- Your instructions -
Look through the data that follows and say how many of its lines contain "reverse", giving the number only.

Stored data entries
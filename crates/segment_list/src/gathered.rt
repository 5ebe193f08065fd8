// Files that are put together for a new slot: those that came after a view, clipped.
ghost use Rattle.std.specs.Prelude.{◌≡◌, ◌≤◌, ◌+◌, ◌-◌, ℕ, [], ◌∷◌, ◌++◌, Some, false, filter, length, drop, take, slice_get, OnOk};
ghost use Rattle.column_file.specs.declared.file.ColumnFile.{ColumnFile};
ghost use Rattle.delta_layer.specs.Files.{is_tiny};
ghost use Rattle.segment_list.specs.Slots.{clip_files, clip_pairs, file_speaks, pair_speaks, pairs_of, with_pairs};

use crate::Memory;
use crate::clip::{can_speak, clipped};
use column_file::ColumnFile;
use delta_layer::DeltaLayer;
use flash_types::HandleRange;
use std::alloc::Global;
use std::marker::Model;

/// A layer for a new slot. First come files that are named, and then others with a tag each.
#[derive(Drop)]
pub struct Gathering {
    layer: DeltaLayer,
    tags: Vec<u64>,
}

impl Model for Gathering {
    ghost use Rattle.segment_list.specs.Slots.{Gathered};

    ghost Value = { Gathered };

    ghost view = { λ r. record { files = r.layer; tags = r.tags.items } };
}

impl Gathering {
    /// No file. It takes no memory.
    pub fn new(alloc: Global) -> Gathering
        ensures { result ≡ record { files = []; tags = [] } }
    {
        Gathering {
            layer: DeltaLayer::new(alloc),
            tags: Vec::new(alloc),
        }
    }

    // Adds a file where it says something.
    fn push(&mut self, file: ColumnFile, tag: u64) -> Result<(), Memory>
        requires { is_tiny file ≡ false }
        ensures { OnOk result (self.new ≡ with_pairs self.old (filter pair_speaks ((tag, file) ∷ []))) }
    {
        if !can_speak(&file) {
            return Ok(());
        }
        if self.layer.append(file).is_err() {
            return Err(Memory);
        }
        if self.tags.push(tag).is_err() {
            return Err(Memory);
        }
        Ok(())
    }

    /// Adds a layer's files from a place on, one for each of the tags, clipped to the range, but for
    /// those that say nothing then. None of them is a tiny file.
    pub fn add(
        &mut self,
        range: HandleRange,
        layer: &DeltaLayer,
        from: usize,
        tags: &[u64],
        alloc: Global,
    ) -> Result<(), Memory>
        requires within { from + length tags.now ≤ length layer.now }
        requires no_tiny { (k : ℕ) (f : ColumnFile) → from ≤ k → slice_get layer.now k ≡ Some f → is_tiny f ≡ false }
        ensures { OnOk result (self.new ≡ with_pairs self.old (clip_pairs range (pairs_of tags.now (drop from layer.now)))) }
    {
        let _count = layer.files();
        for k in 0..tags.len() {
            let place = from + k;
            let part = clipped(range, layer.file(place))?;
            self.push(part, tags[k])?;
        }
        Ok(())
    }

    // Adds a file without a tag where it says something.
    fn push_named(&mut self, file: ColumnFile) -> Result<(), Memory>
        requires { is_tiny file ≡ false }
        ensures { OnOk result (self.new ≡ record self.old { files = self.old.files ++ filter file_speaks (file ∷ []) }) }
    {
        if !can_speak(&file) {
            return Ok(());
        }
        if self.layer.append(file).is_err() {
            return Err(Memory);
        }
        Ok(())
    }

    /// Adds a layer's files from a place up to another, which are named and so get no tag, clipped to
    /// the range, but for those that say nothing then. None of them is a tiny file.
    pub fn add_named(
        &mut self,
        range: HandleRange,
        layer: &DeltaLayer,
        from: usize,
        to: usize,
    ) -> Result<(), Memory>
        requires order { from ≤ to }
        requires within { to ≤ length layer.now }
        requires no_tiny { (k : ℕ) (f : ColumnFile) → from ≤ k → slice_get layer.now k ≡ Some f → is_tiny f ≡ false }
        ensures { OnOk result (self.new ≡ record self.old { files = self.old.files ++ clip_files range (take (to - from) (drop from layer.now)) }) }
    {
        for k in from..to {
            let part = clipped(range, layer.file(k))?;
            self.push_named(part)?;
        }
        Ok(())
    }

    /// How many files there are.
    pub fn files(&self) -> usize
        ensures { result ≡ length self.now.files }
    {
        self.layer.files()
    }

    /// The layer, and the tags of those of its files that have one.
    pub fn into_parts(self) -> (DeltaLayer, Vec<u64>)
        ensures files { result.0 ≡ self.files }
        ensures tags { result.1.items ≡ self.tags }
    {
        let Gathering { layer, tags } = self;
        (layer, tags)
    }
}
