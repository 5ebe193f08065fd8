// Which files the manifest names for slots.
ghost use Rattle.std.specs.Prelude.{◌≡◌, ◌≤◌, length, take};
ghost use Rattle.std.specs.List.{list_any};
ghost use Rattle.segment_list.specs.Lists.{is_file_in, is_file_of, is_number, is_tiny_file};

use crate::slot::Slot;
use column_file::ColumnFile;
use delta_layer::DeltaLayer;
use flash_io::FileId;

fn is_number(file: FileId, number: Option<FileId>) -> bool
    ensures { result ≡ is_number file number }
{
    match number {
        None => false,
        Some(other) => other == file,
    }
}

fn is_tiny_file(file: FileId, one: &ColumnFile) -> bool
    ensures { result ≡ is_tiny_file file one.now }
{
    match one {
        ColumnFile::Mem { .. } => false,
        ColumnFile::Tiny { file: other, .. } => *other == file,
        ColumnFile::DeleteRange { .. } => false,
    }
}

// Whether it is one of the first files of a layer.
fn is_among(file: FileId, layer: &DeltaLayer, end: usize) -> bool
    requires { end ≤ length layer.now }
    ensures { result ≡ list_any (is_tiny_file file) (take end layer.now) }
{
    for i in 0..end {
        if is_tiny_file(file, layer.file(i)) {
            return true;
        }
    }
    false
}

// How many files of a slot's delta are named.
fn named_in<G: Drop>(slot: &Slot<G>) -> usize
    ensures within { result ≤ length slot.now.files }
    ensures front { take result slot.now.files ≡ take slot.now.named slot.now.files }
{
    let files = slot.layer().files();
    if files < slot.named() {
        return files;
    }
    slot.named()
}

// Whether it is a file of this slot.
fn is_file_of<G: Drop>(file: FileId, slot: &Slot<G>) -> bool
    ensures { result ≡ is_file_of file slot.now }
{
    is_number(file, slot.stable_number()) || is_among(file, slot.layer(), named_in(slot))
}

/// Whether it is a file of one of the slots.
pub fn is_file_in<G: Drop>(slots: &[Slot<G>], file: FileId) -> bool
    ensures { result ≡ is_file_in file slots.now }
{
    for i in 0..slots.len() {
        if is_file_of(file, &slots[i]) {
            return true;
        }
    }
    false
}
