// Slots that are moved from one list to another.
ghost use Rattle.std.specs.Prelude.{◌≡◌, ◌+◌, ◌-◌, ◌≤◌, ◌++◌, drop, reverse, take, vec_capacity, vec_len};

// Moves what stands from a place on to the end of another list, the last one first.
fn move_back<T: Drop>(from: &mut Vec<T>, place: usize, to: &mut Vec<T>)
    requires within { place ≤ vec_len from.old }
    requires room { vec_len to.old + (vec_len from.old - place) ≤ vec_capacity to.old }
    ensures left { from.new.items ≡ take place from.old.items }
    ensures left_len { vec_len from.new ≡ place }
    ensures moved { to.new.items ≡ to.old.items ++ reverse (drop place from.old.items) }
    ensures moved_len { vec_len to.new ≡ vec_len to.old + (vec_len from.old - place) }
    ensures capacity { vec_capacity to.new ≡ vec_capacity to.old }
{
    while from.len() > place {
        to.push_reserved(from.take_last());
    }
}

/// Puts elements in the place of `count` others. All of them move to `spare`, which has none and
/// room for them.
pub fn put_slots<T: Drop>(
    slots: &mut Vec<T>,
    place: usize,
    count: usize,
    news: Vec<T>,
    spare: Vec<T>,
)
    requires within { place + count ≤ vec_len slots.old }
    requires empty { vec_len spare ≡ 0 }
    requires room { vec_len news + (vec_len slots.old - count) ≤ vec_capacity spare }
    ensures { slots.new.items
        ≡ take place slots.old.items ++ (news.items ++ drop (place + count) slots.old.items) }
{
    let mut news = news;
    let mut moved = spare;
    move_back(slots, place + count, &mut moved);
    slots.truncate(place);
    move_back(&mut news, 0, &mut moved);
    move_back(slots, 0, &mut moved);
    moved.reverse();
    *slots = moved;
}
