// Slots that stand side by side over a range of handles: finding one, and adding to all of them what
// an entry says. Each call halves the slots, so that it looks only at those that are met.
ghost use Rattle.std.specs.Prelude.{◌≡◌, ◌<◌, ◌++◌, ℕ, List, map, length, position, take, drop, OnOk, OnErr};
ghost use Rattle.flash_types.specs.Ranges.{holds};
ghost use Rattle.segment_list.specs.Lists.{Cover, says_of};
ghost use Rattle.segment_list.specs.Slots.{Slotted, absorbed, key_of};

use crate::Memory;
use crate::clip::{adds_to, cleared_in, kept};
use crate::slot::Slot;
use column_block::Block;
use flash_types::{Handle, HandleRange};
use std::alloc::Global;

// Whether an entry says anything of a range.
fn says(range: HandleRange, clears: Option<HandleRange>, adds: &Block) -> bool
    ensures { result ≡ says_of range clears adds.now }
{
    cleared_in(range, clears).is_some() || adds_to(range, adds)
}

/// Adds to each of the slots what an entry says of its handles. The block is parted among the halves
/// that have rows of it, and shared where one half has them all. After `Err` each slot is as before.
#[cycle(within)]
pub fn absorb_within<G: Drop>(
    slots: &mut [Slot<G>],
    range: HandleRange,
    clears: Option<HandleRange>,
    adds: &Block,
    tag: u64,
    alloc: Global,
) -> Result<(), Memory>
    requires { Cover range slots.old }
    ensures ok { OnOk result (slots.new ≡ map (absorbed tag clears adds.now) slots.old) }
    ensures err { OnErr result (slots.new ≡ slots.old) }
{
    if !says(range, clears, adds) {
        return Ok(());
    }
    let middle = slots.len() / 2;
    if middle == 0 {
        return slots[0].absorb(clears, adds, tag);
    }
    let at = slots[middle].low();
    let lower = range.below(at);
    let upper = range.starting_at(at);
    if !adds_to(upper, adds) {
        let none = Block::new(alloc);
        return absorb_halves(slots, middle, lower, adds, upper, &none, clears, tag, alloc);
    }
    if !adds_to(lower, adds) {
        let none = Block::new(alloc);
        return absorb_halves(slots, middle, lower, &none, upper, adds, clears, tag, alloc);
    }
    let low = kept(lower, adds)?;
    let high = kept(upper, adds)?;
    absorb_halves(slots, middle, lower, &low, upper, &high, clears, tag, alloc)
}

// The same, with the versions of the slots before the middle and of the others.
#[cycle(within)]
fn absorb_halves<G: Drop>(
    slots: &mut [Slot<G>],
    middle: usize,
    lower: HandleRange,
    low: &Block,
    upper: HandleRange,
    high: &Block,
    clears: Option<HandleRange>,
    tag: u64,
    alloc: Global,
) -> Result<(), Memory>
    requires some { 0 < middle }
    requires within { middle < length slots.old }
    requires lower { Cover lower (take middle slots.old) }
    requires upper { Cover upper (drop middle slots.old) }
    ensures ok { OnOk result (slots.new ≡ map (absorbed tag clears low.now) (take middle slots.old) ++ map (absorbed tag clears high.now) (drop middle slots.old)) }
    ensures err { OnErr result (slots.new ≡ slots.old) }
{
    let (left, right) = slots.split_at_mut(middle);
    absorb_within(left, lower, clears, low, tag, alloc)?;
    if absorb_within(right, upper, clears, high, tag, alloc).is_err() {
        take_back_within(left, lower, clears, low);
        return Err(Memory);
    }
    Ok(())
}

/// Takes off again what an entry added to the slots. It takes no memory.
pub fn take_back_within<G: Drop>(
    slots: &mut [Slot<G>],
    range: HandleRange,
    clears: Option<HandleRange>,
    adds: &Block,
)
    requires { Cover range slots.old }
    ensures keys { map key_of slots.new ≡ map key_of slots.old }
    ensures back { (before : List (Slotted G)) (tag : ℕ) → slots.old ≡ map (absorbed tag clears adds.now) before → slots.new ≡ before }
{
    if !says(range, clears, adds) {
        return;
    }
    let middle = slots.len() / 2;
    if middle == 0 {
        slots[0].take_back(clears, adds);
        return;
    }
    let at = slots[middle].low();
    let (left, right) = slots.split_at_mut(middle);
    take_back_within(left, range.below(at), clears, adds);
    take_back_within(right, range.starting_at(at), clears, adds);
}

/// The place of the slot that holds the handle; none where the range doesn't hold it.
pub fn place_within<G: Drop>(slots: &[Slot<G>], range: HandleRange, handle: Handle) -> Option<usize>
    requires { Cover range slots.now }
    ensures { result ≡ position (λ s. holds s.range handle) slots.now }
{
    let middle = slots.len() / 2;
    if middle == 0 {
        return if slots[0].range().holds(handle) {
            Some(0)
        } else {
            None
        };
    }
    let at = slots[middle].low();
    let (left, right) = slots.split_at(middle);
    if handle < at {
        return place_within(left, range.below(at), handle);
    }
    match place_within(right, range.starting_at(at), handle) {
        None => None,
        Some(place) => Some(middle + place),
    }
}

- Reply -
3